Capsules having an average diameter in the range of about 0.250 μm to about 1 μm are prepared, but smaller capsules can be prepared by adjusting process variables. In particular, the core fluid flow rate and the shell fluid flow rate used were about 0.050 and about 0.150 ml/hr, respectively, and the external voltage was about 8 kV.

Capsules having chlorambucil loadings in the range of about 0.01 to about 20.0% by weight of added polymer may be prepared by adjusting the concentration of the core fluid solution. Capsules having a CD19 load in the range of about 5 to about 100 μ g of added polymer per mg can be prepared by adjusting the concentration of the shell fluid solution.

Specific example 14: encapsulation of chlorambucil in capsules containing a CD20 functional group

By dissolving chlorambucil in about 10mM Bis-Tris propane in water (containing about 1.0wt% isopropanol, about 2.0mM CaCl₂And DMSO) to prepare the core fluid solution. The final concentration of chlorambucil in the core fluid solution is in the range of about 2,000 to about 500 μ g/mL.

Shell fluid solutions were prepared by mixing two functionalized biopolymers into chloroform: (a) COOH-poly (ethylene glycol) -b-polylactide or PEG-b-PLA, molecular weight 2000-b-1940Da, using the same nomenclature, respectively, and Mw/Mn =1.2; and (b) poly (caprolactone) -SH or PCSH, molecular weight 5,000Da and Mw/Mn = 1.5. The weight percent content of PEG-b-PLA and PCSH is about 0.05wt% and about 0.05wt%, respectively. The shell fluid solution was mixed with a solution containing CD20 dissolved in a mixture of dichloromethane and polyethylene oxide (MW = 400-.

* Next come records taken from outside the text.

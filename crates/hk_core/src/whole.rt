//! Calls in one piece: each is begun and done to its last place, with nothing between. It leaves exactly the state, and
//! answers exactly what, its begin and its steps would.
ghost use Rattle.std.specs.Prelude.{◌≡◌, ℕ, ◌<◌, Some, None, IfNone, MatchResult, slice_index};
ghost use Rattle.hk_words.specs.Geometry.{tasks};
ghost use Rattle.hk_words.specs.Row.{IsRegister, register_at};
ghost use Rattle.hk_words.specs.Calls.{RegistersFit};
ghost use Rattle.hk_words.specs.declared.call.Call.TheVariants.{Get, Put, Move, Clear, New};
ghost use Rattle.hk_words.specs.declared.call.Reply.TheVariants.{Num, Unit};
ghost use Rattle.hk_words.specs.declared.shape.Shape.{Shape};
ghost use Rattle.hk_model.specs.History.{History};
ghost use Rattle.hk_core.specs.State.{flight_of};
ghost use Rattle.hk_core.specs.Begin.{refusal, most_calls};
ghost use Rattle.hk_core.specs.Lawful.{Lawful, IsLawful};
ghost use Rattle.hk_core.specs.Whole.{whole, whole_history, EndsAs};
ghost use Rattle.hk_core.specs.Event.{CanFire};
ghost use Rattle.hk_core.specs.Passing.{closed};
ghost use Rattle.hk_core.specs.WholeRows.{GetFits, get_row, number_read, PutFits, put_row, MoveFits, move_row, clear_row};
ghost use Rattle.hk_core.specs.declared.event.Event.TheVariants.{Write};
ghost use Rattle.hk_core.specs.declared.outcome.Outcome.TheVariants.{Done};

use crate::{Core, Event, Fault, Flight, MAX_CALLS};
use hk_words::{ENTER, LEAVE, header_place, reference_number, reference_nums, reference_refs};

impl Core {
    /// A Get in one piece: the number in a field of the object that a register names.
    pub fn get(&mut self, seat: u8, reg: u8, field: u8) -> Result<u64, Fault>
        requires seat { seat < tasks self.old.geometry }
        requires idle { (flight_of self.old.flights seat).place ≡ 0 }
        requires registers { RegistersFit self.old.geometry.registers (Get reg field) }
        requires lawful { IsLawful self.old }
        ensures state { self.new ≡ whole self.old seat (Get reg field) }
        ensures answer { MatchResult result (λ number. EndsAs self.old seat (Get reg field) (Done (Num number))) (λ fault. refusal self.old seat (Get reg field) ≡ Some fault) }
        ensures lawful { (history : History) → Lawful self.old history → Lawful self.new (whole_history self.old seat (Get reg field) history) }
    {
        if let Some(fault) = self.number_refusal(seat, reg, field) {
            return Err(fault);
        }
        let entered = self.register(seat, reg);
        let number = self.get_through(entered, field);
        self.close(seat);
        Ok(number)
    }

    /// A Put in one piece: writes a number field of the object that a register names.
    pub fn put(&mut self, seat: u8, reg: u8, field: u8, value: u64) -> Result<(), Fault>
        requires seat { seat < tasks self.old.geometry }
        requires idle { (flight_of self.old.flights seat).place ≡ 0 }
        requires registers { RegistersFit self.old.geometry.registers (Put reg field value) }
        requires lawful { IsLawful self.old }
        ensures state { self.new ≡ whole self.old seat (Put reg field value) }
        ensures answer { MatchResult result (λ _. EndsAs self.old seat (Put reg field value) (Done Unit)) (λ fault. refusal self.old seat (Put reg field value) ≡ Some fault) }
        ensures lawful { (history : History) → Lawful self.old history → Lawful self.new (whole_history self.old seat (Put reg field value) history) }
    {
        if let Some(fault) = self.number_refusal(seat, reg, field) {
            return Err(fault);
        }
        let entered = self.register(seat, reg);
        self.put_through(entered, field, value);
        self.close(seat);
        Ok(())
    }

    /// A Move in one piece: copies a register into another.
    pub fn shift(&mut self, seat: u8, dest: u8, from: u8) -> Result<(), Fault>
        requires seat { seat < tasks self.old.geometry }
        requires idle { (flight_of self.old.flights seat).place ≡ 0 }
        requires registers { RegistersFit self.old.geometry.registers (Move dest from) }
        requires lawful { IsLawful self.old }
        ensures state { self.new ≡ whole self.old seat (Move dest from) }
        ensures answer { MatchResult result (λ _. EndsAs self.old seat (Move dest from) (Done Unit)) (λ fault. refusal self.old seat (Move dest from) ≡ Some fault) }
        ensures lawful { (history : History) → Lawful self.old history → Lawful self.new (whole_history self.old seat (Move dest from) history) }
    {
        if let Some(fault) = self.spent_refusal(seat) {
            return Err(fault);
        }
        let item = self.register(seat, from);
        self.shift_through(seat, dest, item);
        self.close(seat);
        Ok(())
    }

    /// A Clear in one piece: sets a register to null.
    pub fn clear(&mut self, seat: u8, dest: u8) -> Result<(), Fault>
        requires seat { seat < tasks self.old.geometry }
        requires idle { (flight_of self.old.flights seat).place ≡ 0 }
        requires registers { RegistersFit self.old.geometry.registers (Clear dest) }
        requires lawful { IsLawful self.old }
        ensures state { self.new ≡ whole self.old seat (Clear dest) }
        ensures answer { MatchResult result (λ _. EndsAs self.old seat (Clear dest) (Done Unit)) (λ fault. refusal self.old seat (Clear dest) ≡ Some fault) }
        ensures lawful { (history : History) → Lawful self.old history → Lawful self.new (whole_history self.old seat (Clear dest) history) }
    {
        if let Some(fault) = self.spent_refusal(seat) {
            return Err(fault);
        }
        self.clear_through(seat, dest);
        self.close(seat);
        Ok(())
    }

    /// The first reason why a Get, or a Put, isn't begun.
    #[tactic(auto, unfolding(crate::specs::Begin::refusal, crate::specs::Begin::entered_word))]
    fn number_refusal(&self, seat: u8, reg: u8, field: u8) -> Option<Fault>
        requires { IsRegister self.now.geometry seat reg }
        ensures get { result ≡ refusal self.now seat (Get reg field) }
        ensures put { (value : ℕ) → result ≡ refusal self.now seat (Put reg field value) }
        ensures room { IfNone result (slice_index self.now.begun seat < most_calls) }
    {
        let entered = self.register(seat, reg);
        if self.begun[seat as usize] >= MAX_CALLS {
            Some(Fault::Spent)
        } else if entered == 0 {
            Some(Fault::Nil)
        } else if field >= reference_nums(entered) {
            Some(Fault::Field)
        } else {
            None
        }
    }

    /// The reason why a call that goes through no object isn't begun.
    #[tactic(auto, unfolding(crate::specs::Begin::refusal, crate::specs::Begin::entered_word))]
    pub(crate) fn spent_refusal(&self, seat: u8) -> Option<Fault>
        requires { seat < tasks self.now.geometry }
        ensures shift { (dest from : ℕ) → result ≡ refusal self.now seat (Move dest from) }
        ensures clear { (dest : ℕ) → result ≡ refusal self.now seat (Clear dest) }
        ensures make { (dest : ℕ) (shape : Shape) → result ≡ refusal self.now seat (New dest shape) }
        ensures room { IfNone result (slice_index self.now.begun seat < most_calls) }
    {
        if self.begun[seat as usize] >= MAX_CALLS {
            Some(Fault::Spent)
        } else {
            None
        }
    }

    /// The seat has begun one more call, and is idle.
    #[tactic(auto, unfolding(crate::specs::Passing::closed))]
    pub(crate) fn close(&mut self, seat: u8)
        requires seat { seat < tasks self.old.geometry }
        requires room { slice_index self.old.begun seat < most_calls }
        ensures { self.new ≡ closed self.old seat }
    {
        self.flights[seat as usize] = Flight::idle(seat);
        let begun = self.begun[seat as usize];
        self.begun[seat as usize] = begun + 1;
    }

    /// The places of a Get through a reference. The number that was read.
    #[tactic(auto, unfolding(crate::specs::WholeRows::inside_row, crate::specs::WholeRows::number_place, crate::specs::WholeRows::read_row, crate::specs::WholeRows::number_read, crate::specs::WholeRows::get_row))]
    fn get_through(&mut self, entered: u64, field: u8) -> u64
        requires { GetFits self.old.geometry self.old.row entered field }
        ensures row { self.new ≡ record self.old { row = get_row self.old.geometry self.old.row entered field } }
        ensures number { result ≡ number_read self.old.geometry self.old.row entered field }
    {
        let head = self.header_at(reference_number(entered));
        let at = header_place(self.fire(Event::Add(head, ENTER)));
        let place = at + 1 + u32::from(reference_refs(entered)) + u32::from(field);
        let cell = self.space_at(place);
        let number = self.fire(Event::Load(cell));
        self.fire(Event::Sub(head, LEAVE));
        number
    }

    /// The places of a Put through a reference.
    #[tactic(auto, unfolding(crate::specs::WholeRows::inside_row, crate::specs::WholeRows::number_place, crate::specs::WholeRows::written_row, crate::specs::WholeRows::put_row))]
    fn put_through(&mut self, entered: u64, field: u8, value: u64)
        requires { PutFits self.old.geometry self.old.row entered field value }
        ensures { self.new ≡ record self.old { row = put_row self.old.geometry self.old.row entered field value } }
    {
        let head = self.header_at(reference_number(entered));
        let at = header_place(self.fire(Event::Add(head, ENTER)));
        let place = at + 1 + u32::from(reference_refs(entered)) + u32::from(field);
        let cell = self.space_at(place);
        self.fire(Event::Write(cell, value));
        self.fire(Event::Sub(head, LEAVE));
    }

    /// The places of a Move of a reference.
    #[tactic(auto, unfolding(crate::specs::WholeRows::framed_row, crate::specs::WholeRows::moved_row, crate::specs::WholeRows::move_row))]
    fn shift_through(&mut self, seat: u8, dest: u8, item: u64)
        requires dest { IsRegister self.old.geometry seat dest }
        requires fits { MoveFits self.old.geometry self.old.row seat dest item }
        ensures { self.new ≡ record self.old { row = move_row self.old.geometry self.old.row seat dest item } }
    {
        let frame = self.frame_at(seat);
        let register = self.register_at(seat, dest);
        self.fire(Event::Add(frame, ENTER));
        self.fire(Event::Write(register, item));
        self.fire(Event::Sub(frame, LEAVE));
    }

    /// The place of a Clear.
    #[tactic(auto, unfolding(crate::specs::WholeRows::clear_row))]
    fn clear_through(&mut self, seat: u8, dest: u8)
        requires dest { IsRegister self.old.geometry seat dest }
        requires fits { CanFire self.old.row (Write (register_at self.old.geometry seat dest) 0) }
        ensures { self.new ≡ record self.old { row = clear_row self.old.geometry self.old.row seat dest } }
    {
        let register = self.register_at(seat, dest);
        self.fire(Event::Write(register, 0));
    }
}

Capsules having an average diameter in the range of about 0.250 μm to about 1 μm are produced, but smaller capsules can be prepared by adjusting process variables. In particular, the core fluid flow rate and the shell fluid flow rate used were about 0.050 and about 0.150 ml/hr, respectively, and the external voltage was about 8 kV.

Capsules having chlorambucil loadings in the range of about 0.01 to about 20.0% by weight of added polymer may be prepared by adjusting the concentration of the core fluid solution. Capsules having a CD20 load in the range of about 5 to about 100 μ g of added polymer per mg can be prepared by adjusting the concentration of the shell fluid solution.

Specific example 15: encapsulation of chlorambucil and hydroxychloroquine sulfate in capsules containing CD19 and CD20 functional groups

By passingChlorambucil and hydroxychloroquine sulfate or HCQ were dissolved in about 10mM Bis-Tris propane in water (containing about 1.0wt% isopropanol, 2mM CaCl₂And DMSO) to prepare the core fluid solution. The final concentrations of chlorambucil and HCQ in the core fluid solution are in the range of about 2,000 to about 500 μ g/mL.

Shell fluid solutions were prepared by mixing two functionalized biopolymers into chloroform: (a) COOH-poly (ethylene glycol) -b-polylactide or PEG-b-PLA, molecular weight 2000-b-1940Da, using the same nomenclature, respectively, and Mw/Mn =1.2; and (b) poly (caprolactone) -SH or PCSH, molecular weight 5,000Da and Mw/Mn = 1.5. The weight percentage content of PEG-b-PLA and PCSH is 0.05wt% and 0.05wt%, respectively. The shell fluid solution was mixed with a solution containing CD19 and CD20 dissolved in a mixture of dichloromethane and polyethylene oxide (MW = 400-.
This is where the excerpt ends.